31 Grand
143 Ludlow Street, between Rivington and Stanton, 212-228-0901
East Village / Lower East Side
May 29 - June 29, 2008
Reception: Thursday, May 29, 7 - 9 PM
Web Site
For her first solo exhibition with 31GRAND, Swedish-born Artist Fanny Bostrom has selected the succinct, if not facile, title – Picnic. Upon entering the transformed gallery space one cannot help but feel as though they’ve crossed a threshold into Ms. Bostrom’s cosmology that is comprised of paintings, drawings, cut-paper silhouettes, sculptures and a mixed media installation. Instead of recreation, respite and rural pace, we’re surrounded by a frenzy of activity – both in terms of the multiple art forms she has employed as well as the multiple renderings of mad productivity that figure heavily in her work.
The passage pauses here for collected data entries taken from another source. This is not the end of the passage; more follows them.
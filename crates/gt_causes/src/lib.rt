//! When a device may say that it failed, and what a device in memory counts: what every trait of the outside cites.
//!
//! A device counts its faults in a number that never falls and stops at 2^64 - 1. A failure is told only where that
//! number rose in the call, so that no body can give up by itself (`specs/Causes.antt`). What a crash may leave is a
//! test of outcomes (`specs/Outcomes.antt`).
#![tactic(auto)]

mod call_counts;
mod call_list;
mod failed;

pub use call_counts::CallCounts;
pub use call_list::CallList;
pub use failed::Failed;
It would seem that Ms. Bostrom is playing the term ‘picnic’ in two directions. At first glance, her own prolific preparations seems to invoke the old adage – life’s no picnic – and implies that leisure is a luxury; yet her images simultaneously foreground bustling scenes within naturalized landscapes that are made inhabitable, even cozy, through the activities that take place therein.
In her paintings of multi-level landscapes we find, what appear to handmade homes, forts and cabins replete with oddly shaped windows and porches. Lilliputian figures, each preoccupied with their own mission, are scattered across these structures that are set upon cleaved hills and divided by deep ravines. These nascent figures seem to possess neither the time nor interest in facing one another, their only concern is the task at hand, which may include: smoking a pipe, climbing a ladder, burrowing into a hill, climbing a tree. They ceaselessly fish and forage – in search of what exactly, we cannot easily deduce.
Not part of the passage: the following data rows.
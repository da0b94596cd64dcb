ghost use Rattle.std.specs.Prelude.{Contains, IfOk, IsTrue, ◌↔◌, ◌≡◌, ℕ};

use std::alloc::{AllocError, Global};
use std::marker::Model;

/// Numbers of calls. They are kept in order, so that each look takes few steps.
#[derive(Drop)]
pub struct CallList {
    sorted: Vec<u64>,
}

impl Model for CallList {
    ghost use Rattle.std.specs.Prelude.{List, ℕ};
    ghost use Rattle.gt_causes.specs.Counts.{IsRising};

    ghost Value = { List ℕ };

    ghost view = { λ l. l.sorted.items };

    ghost invariant = { λ l. IsRising l.sorted.items };
}

impl CallList {
    /// These numbers, in any order. It takes no memory.
    pub fn new(numbers: Vec<u64>) -> CallList
        ensures { (n : ℕ) → Contains result n ↔ Contains numbers.items n }
    {
        let mut sorted = numbers;
        sorted.sort_unstable();
        CallList { sorted }
    }

    /// The same numbers once more.
    pub fn copy(&self, alloc: Global) -> Result<CallList, AllocError>
        ensures { IfOk result (λ list. list ≡ self.now) }
    {
        Ok(CallList {
            sorted: self.sorted.to_vec(alloc)?,
        })
    }

    /// Whether the number is one of them.
    pub fn has(&self, number: u64) -> bool
        ensures { IsTrue result ↔ Contains self.now number }
    {
        self.sorted.binary_search(&number).is_ok()
    }
}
The few figures that are strung together by telephone yarn appear more distanced than connected and like worker ants, they belong more to a colony than a community. If there is a queen, it is not one single being, but perhaps the supernatural cross-eyed owl, a symbol of nature and wisdom, which hovers above.
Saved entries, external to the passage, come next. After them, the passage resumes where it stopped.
//! The service: a request as it comes in, to the status and the bytes of its reply, over a desk.
//!
//! A request is read (`gt_requests`). Where that refuses it, the desk isn't asked. Else the desk is asked once, and its answer
//! is written (`gt_replies`): see `specs/Service.antt`. The order of refusals is the list `grounds` in `specs/Grounds.antt`.
#![tactic(auto)]

mod laws;
mod serve;

pub use laws::{
    first_ground_refuses, requests_make_at_most_one_event, submission_served_again_makes_one_task,
};
pub use serve::{serve_one, serve_with};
While her paintings and silhouettes are colorful, there is a flatness that pervades Fanny Bostrom’s work. Despite the painstaking detail of texture provided in her drawings, each scene is drained of color and contorted in scale. Mythical pathologies shift as the frantic do-it-yourself Lilliputians turn into cannibalistic Amazonians roasting sausages on open fires. Amidst the kitschy domesticity of cabin life and the wide-eyed cartoon animals lurks a sinister undertone that we more commonly associate with outsider art. Like many outsider artists, Bostrom is self-taught and her own urgent faith in activity is made manifest by her ambition to set herself to task. Like the people that populate her images Ms. Bostrom is working in every direction possible with extreme focus. Again, in search of exactly what, we cannot easily deduce, but it will be interesting to see what she does next.